阿麗思故意當沒聽見了這末一句話,她又對那惰兒鼠問道,「但是她們已經在井裡頭了勒,怎麼還抽出來呢?」
那惰兒鼠道,「自然她們在井裡頭,儘儘裡頭。」(趙元任,1922, 107頁)
此處in the well 與 well in 二語雖短,卻足以讓眾多中文譯者傷透腦筋。但趙元任卻以「井裡頭,儘儘裡頭」輕鬆化解,其譯筆靈動可見一斑。也因此趙譯一出,其《阿麗思漫遊奇境記》長年獨佔鰲頭,為中文譯界公認最佳譯本。據賴慈芸研究(2000) ,後續諸多中文譯本皆改編自趙譯,亦難有出其右者。《愛麗絲夢遊仙境》這麼一本小書,就因前有原作者路易斯・卡洛爾的文字遊戲、後有趙元任精妙譯本,成為不少中文譯者心中一座不易挑戰的大山。原文與經典譯本並立,後續譯者只好另闢蹊徑。有些選擇繞道而行,暫且擱下書中各種文字遊戲與無稽詩,刪減濃縮,著重於故事情節。現行諸多兒童改寫本大多採取此策略(如:東方版、鹿橋版等)。有些則以近似人類學式的觀點,定點考掘,一一細究原文各種互文典故,詳盡註解(如:張華譯本(2010)、王安琪譯本(2015)、陳榮斌譯本(2016)等),讓讀者不但窺得兔洞秘境,更可了解洞裡乾坤。改寫本略過文字遊戲,讀者雖大致可得故事旨趣,卻難窺卡洛爾巧思。註解本鉅細彌遺,但閱讀之際則需停頓消化文本之外的各類訊息。以看畫展來打比方,改寫本大約就是走馬看花,火速瀏覽。註解本則像是帶著專業導覽隨身看畫,工筆起落皆不錯過。但除了這一速一緩之外,能不能以另一種速度一探兔子洞呢?基於這個動機,筆者接下了這個挑戰,希望能以「散策」般閒適自在的步伐,陪同讀者一起「漫遊」奇境。為此,碰上文字雙關,筆者盡力在譯文中創造相似語言效果,但不提供過多註解,希望讀者能直接透過譯文,緩步觀察卡洛爾的奇想世界。然而,這個任務並不輕鬆。書中愛麗絲一語正道盡筆者翻譯時的心緒:
「待在家裡舒服多了。」
可憐兮兮的愛麗絲想著:
「身體不會忽然變大變小,也不會被老鼠兔子使喚來使喚去。
我有點後悔跟著兔子跳下洞來了,
不過……不過……猜不出之後會發生什麼事,這樣日子好像比較有趣。」
這個「散策」的翻譯定位,意味著筆者一來難以閃躲原文中的文字遊戲、二來又得放下註解這強力武器,僅能在譯文方寸之間,盡力展現原文的風采。於是翻譯之時便也似愛麗絲一般,常常被原文「使喚來使喚去」、時時得絞盡腦汁讓中文「變大變小」找出更多可能。過程中偶爾也會「後悔跟著兔子跳下洞來了」,但又覺得這樣確實「好像比較有趣」。左右為難之間,筆者盡力在翻譯時,保留原文趣味與音韻效果。以下二段為例:
(一)
“Edwin and Morcar, the earls of Mercia and Northumbria, declared for him; and even Stigand, the patriotic archbishop of Canterbury, found it advisable—“
“Found what?’ said the Duck.
“Found it,” the Mouse replied rather crossly: “of course you know what ‘it’ means.”

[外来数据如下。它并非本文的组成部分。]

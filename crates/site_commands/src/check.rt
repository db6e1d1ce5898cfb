//! The command that judges files and keeps nothing of them, and tells what a database is.
ghost use Rattle.std.specs.Prelude.{◌≡◌, IfErr, IfOk, IsFalse, IsTrue, length};
ghost use Rattle.site_commands.specs.Checks.{AreFaultsOf, FindsNone, FindsSome, IsCheckEnding, IsFaultOf, RefusesCheck, TellsDatabase, TellsGiven, piece_names};
ghost use Rattle.site_commands.specs.steps.Checks.{FindsIn};

use crate::ending::{Ending, refused};
use crate::files::Looks;
use crate::hint::hint_of;
use crate::line::Refusal;
use crate::names::Names;
use crate::pieces::{Pieces, line_names, read_pieces};
use crate::progress::Progress;
use crate::refusal::number_fault_lines;
use attributes::{Octets, Text};
use command_words::Check;
use databases::{Databases, Trouble, trouble_line};
use event_files::{Shelf, Unread, UnreadAt};
use fault_lines::fault_lines;
use std::alloc::{AllocError, Global};

/// What is told of a database.
#[derive(Drop)]
struct Told {
    is_sound: bool,
    text: Text,
}

/// What a check found, and whether nothing is at fault.
#[derive(Drop)]
struct Found {
    is_faultless: bool,
    text: Text,
}

/// What the command `check` comes to: what the database is, and the lines of the files' faults.
pub fn ending_of_check<S: Looks, D: Databases + Drop, P: Progress>(
    alloc: Global,
    shelf: &S,
    databases: &D,
    plan: &Check,
    progress: &P,
) -> Ending
    ensures { IsCheckEnding (S.is_content shelf.now) (S.is_unread shelf.now) plan.now result }
{
    match check(alloc, shelf, databases, plan) {
        Ok(found) => {
            let Found { is_faultless, text } = found;
            if is_faultless {
                Ending::Answer(text)
            } else {
                Ending::Findings(text)
            }
        }
        Err(refusal) => {
            let names = Names::of_check(plan);
            let hint = hint_of(alloc, shelf, databases, progress, names, refusal);
            refused(alloc, names, refusal, hint)
        }
    }
}

/// What `check` finds of the database and in all files. All files are read before one is judged,
/// and the database is looked at behind that.
fn check<S: Shelf, D: Databases>(
    alloc: Global,
    shelf: &S,
    databases: &D,
    plan: &Check,
) -> Result<Found, Refusal>
    ensures none { IfOk result (λ f. IsTrue f.is_faultless
        → FindsNone (S.is_content shelf.now) plan.now f.text) }
    ensures some { IfOk result (λ f. IsFalse f.is_faultless
        → FindsSome (S.is_content shelf.now) plan.now f.text) }
    ensures err { IfErr result
        (RefusesCheck (S.is_content shelf.now) (S.is_unread shelf.now) plan.now.files) }
{
    match read_pieces(alloc, shelf, plan.files.as_slice(), plan.has_lines) {
        Ok(pieces) => match found_of(alloc, databases, plan, &pieces) {
            Ok(found) => Ok(found),
            Err(_) => Err(Refusal::Unread(UnreadAt {
                file: 0,
                why: Unread::OutOfMemory,
            })),
        },
        Err(at) => Err(Refusal::Unread(at)),
    }
}

/// What `check` finds of the database and in these pieces of the files.
fn found_of<D: Databases>(
    alloc: Global,
    databases: &D,
    plan: &Check,
    pieces: &Pieces,
) -> Result<Found, AllocError>
    requires { length pieces.now.texts.items ≡ length
        (piece_names plan.now.has_lines plan.now.files pieces.now.places.items) }
    ensures { IfOk result (λ f. FindsIn plan.now.is_for_number plan.now.db
        (piece_names plan.now.has_lines plan.now.files pieces.now.places.items)
        pieces.now.texts.items f.is_faultless f.text) }
{
    let files = plan.files.as_slice();
    let texts = pieces.texts.as_slice();
    if plan.has_lines {
        let names = line_names(alloc, files, pieces.places.as_slice())?;
        return found_in(alloc, databases, plan, names.as_slice(), texts);
    }
    found_in(alloc, databases, plan, files, texts)
}

/// What `check` finds of the database and in these contents, each of the name at its place.
fn found_in<D: Databases>(
    alloc: Global,
    databases: &D,
    plan: &Check,
    names: &[Text],
    contents: &[Octets],
) -> Result<Found, AllocError>
    requires { length contents.now ≡ length names.now }
    ensures { IfOk result (λ f. FindsIn plan.now.is_for_number plan.now.db names.now contents.now
        f.is_faultless f.text) }
{
    let Told { is_sound, text } = told_if_given(alloc, databases, &plan.db)?;
    let lines = lines_of(alloc, names, contents, plan.is_for_number)?;
    let is_faultless = is_sound && lines.as_str().is_empty();
    let mut text = text.into_string();
    text.push_str(lines.as_str())?;
    Ok(Found {
        is_faultless,
        text: Text::from_string(text),
    })
}

/// What `check` tells of the database, where one is given.
fn told_if_given<D: Databases>(
    alloc: Global,
    databases: &D,
    db: &Option<Text>,
) -> Result<Told, AllocError>
    ensures { IfOk result (λ t. TellsGiven db.now t.is_sound t.text) }
{
    match db {
        Some(db) => told_of(alloc, databases, db.as_str()),
        None => Ok(Told {
            is_sound: true,
            text: Text::from_string(String::new(alloc)),
        }),
    }
}

/// What `check` tells of the database of this name.
fn told_of<D: Databases>(alloc: Global, databases: &D, db: &str) -> Result<Told, AllocError>
    ensures { IfOk result (λ t. TellsDatabase db.now t.is_sound t.text) }
{
    match databases.describe(alloc, db) {
        Ok(text) => Ok(Told {
            is_sound: true,
            text,
        }),
        Err(why) => {
            if why == Trouble::OutOfMemory {
                return Err(AllocError);
            }
            let text = trouble_line(alloc, db, why)?;
            Ok(Told {
                is_sound: false,
                text,
            })
        }
    }
}

/// The lines of `check` on what is at fault in these contents, each of the file of that name.
fn lines_of(
    alloc: Global,
    files: &[Text],
    contents: &[Octets],
    is_for_number: bool,
) -> Result<Text, AllocError>
    requires { length contents.now ≡ length files.now }
    ensures { IfOk result (AreFaultsOf is_for_number files.now contents.now) }
{
    let mut text = String::new(alloc);
    for i in 0..files.len() {
        let lines = lines_in(alloc, &files[i], &contents[i], is_for_number)?;
        text.push_str(lines.as_str())?;
    }
    Ok(Text::from_string(text))
}

/// What `check` tells of faults in this content: as sites take it, or as `number` does, in lines.
fn lines_in(
    alloc: Global,
    file: &Text,
    content: &Octets,
    is_for_number: bool,
) -> Result<Text, AllocError>
    ensures { IfOk result (IsFaultOf is_for_number file.now content.now) }
{
    if is_for_number {
        return number_fault_lines(alloc, file, content);
    }
    fault_lines(alloc, file, content.as_bytes())
}
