//! What `number` would refuse of what is checked.
ghost use Rattle.std.specs.Prelude.{◌≡◌, ◌↔◌, ℕ, List, [], IfOk};
ghost use Rattle.site_commands.specs.Checks.{CanBeNumbered, TellsForNumber, number_fault_name, number_hint, refusal_line, refusal_lines};

use attributes::{Event, Events, Octets, Text};
use event_json::{ReadFault, read_events, readings_are_one};
use fault_lines::{event_line, events_are_quiet, reading_fault_lines};
use numbers::{NumberFault, refusal_at};
use std::alloc::{AllocError, Global};

/// The name of a refusal of `number`, as it is printed.
fn number_fault_name<'a>(why: NumberFault) -> &'a str
    ensures { result.now ≡ number_fault_name why }
{
    match why {
        NumberFault::OutOfMemory => "OutOfMemory",
        NumberFault::HasSequence { .. } => "HasSequence",
        NumberFault::TooLarge { .. } => "TooLarge",
        NumberFault::Full { .. } => "Full",
    }
}

/// The hint on what to do about a refusal of `number`.
fn number_hint<'a>(why: NumberFault) -> &'a str
    ensures { result.now ≡ number_hint why }
{
    match why {
        NumberFault::OutOfMemory => "memory ran out",
        NumberFault::HasSequence { .. } =>
            "number gives an event its sequence: take keeps the one that it has, or --aside NAME puts it by",
        NumberFault::TooLarge { .. } =>
            "with its number an event has at most 262,144 bytes; keep large data elsewhere",
        NumberFault::Full { .. } => "the source has no number left up to 9223372036854775807",
    }
}

/// The line that says why `number` refuses the event at the index, of what has this name.
fn refusal_line(
    alloc: Global,
    name: &Text,
    index: u64,
    event: &Event,
    why: NumberFault,
) -> Result<Text, AllocError>
    ensures { IfOk result (λ line. line ≡ refusal_line name.now index event.now why) }
{
    event_line(
        alloc,
        name,
        index,
        event.id(),
        number_fault_name(why),
        number_hint(why),
    )
}

/// A line for each of the events, of what has this name, that `number` refuses.
fn refusal_lines(alloc: Global, name: &Text, events: &Events) -> Result<Text, AllocError>
    ensures { IfOk result (λ lines. lines ≡ refusal_lines name.now 0 events.now) }
{
    let mut text = String::new(alloc);
    for i in 0..events.len() {
        let event = events.at(i);
        if let Some(why) = refusal_at(i, event) {
            let line = refusal_line(alloc, name, i, event, why)?;
            text.push_str(line.as_str())?;
        }
    }
    Ok(Text::from_string(text))
}

/// The lines that say what `number` refuses of this content, which has this name: each event that
/// can't be numbered, or, where not all of it are events, each member that is none.
pub fn number_fault_lines(alloc: Global, name: &Text, content: &Octets) -> Result<Text, AllocError>
    ensures { IfOk result (TellsForNumber name.now content.now) }
{
    match read_events(alloc, content.as_bytes()) {
        Ok(events) => refusal_lines(alloc, name, &events),
        Err(ReadFault::OutOfMemory) => Err(AllocError),
        Err(_) => reading_fault_lines(alloc, name, content.as_bytes()),
    }
}

/// `check` says nothing of what `number` would refuse exactly where `number` takes all of it, while
/// its sources have numbers left.
pub fn what_can_be_numbered_is_quiet()
    ensures { (name b text : List ℕ) → TellsForNumber name b text
        → (text ≡ []) ↔ CanBeNumbered b }
{
    readings_are_one();
    events_are_quiet();
}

“I know what ‘it’ means well enough when I found a thing,” said the Duck: “it’s generally a frog or a worm. The question is, what did the archbishop find?’
『有愛德華與莫卡二氏,莫西亞、諾森比亞伯爵者也,俯首稱臣。又有坎特伯里大主教,史提根氏,原一忠民也,見勢之……』」
「見四隻什麼?」鴨子問。
「是『勢之』好嗎。」老鼠沒好氣地應著:「『勢之』是什麼意思你應該懂吧。」
鴨子說:「我當然知道呀,我出門常常東看西看,不是見到四隻青蛙、就是看見四隻蟲。可你沒回答我的問題,到底主教看見四隻什麼呀?」
此例中,卡洛爾借用英文中it既可作虛受詞又可實際代指名詞的雙重性質,一虛一實之間,成了老鼠與鴨子的雞同鴨講。中文代詞用法不同於英文,筆者嘗試以諧音譯之,創造另一種雞同鴨講效果。
(二)
…the Drawling-master was an old conger-eel, that used to come once a week: HE taught us Drawling, Stretching, and Fainting in Coils.’
`What was THAT like?’ said Alice.
「『划划』課的老師是條鰻魚,每個禮拜來學校一次,專門教我們『速瞄』跟『游划』。」
「是要怎麼瞄、怎麼划?」
此處卡洛爾以drawling 取代drawing, stretching 代替sketching, fainting in coils戲仿painting in oils。筆者除了以諧音翻譯外,也試著以兒童問話的語氣來詮釋愛麗絲的提問。希望展現作者巧思之外,也能在人物對答之間,還原此書創作之初的「兒童本色」,讓讀者不論年齡大小,能在譯文中感受到卡洛爾當初為小愛麗絲精心打造的童趣世界。
個人此譯《愛麗絲夢遊仙境》,受惠於前譯良多,若沒有譯界前賢勇於攀上這座大山,探索中文表達的各種可能性,則沒有今日此譯本。身為譯界一員,筆者僅希望個人拙譯能夠陪伴讀者閒適漫步於路易斯・卡洛爾建構的奇想世界,讓讀者不因「經典」二字拒此書於千里之外,也不因「兒童文學」而輕忽了作者的獨具匠心。筆者雖有此懷抱,但原文精妙,譯文中力有未逮之處,尚請讀者不吝指正。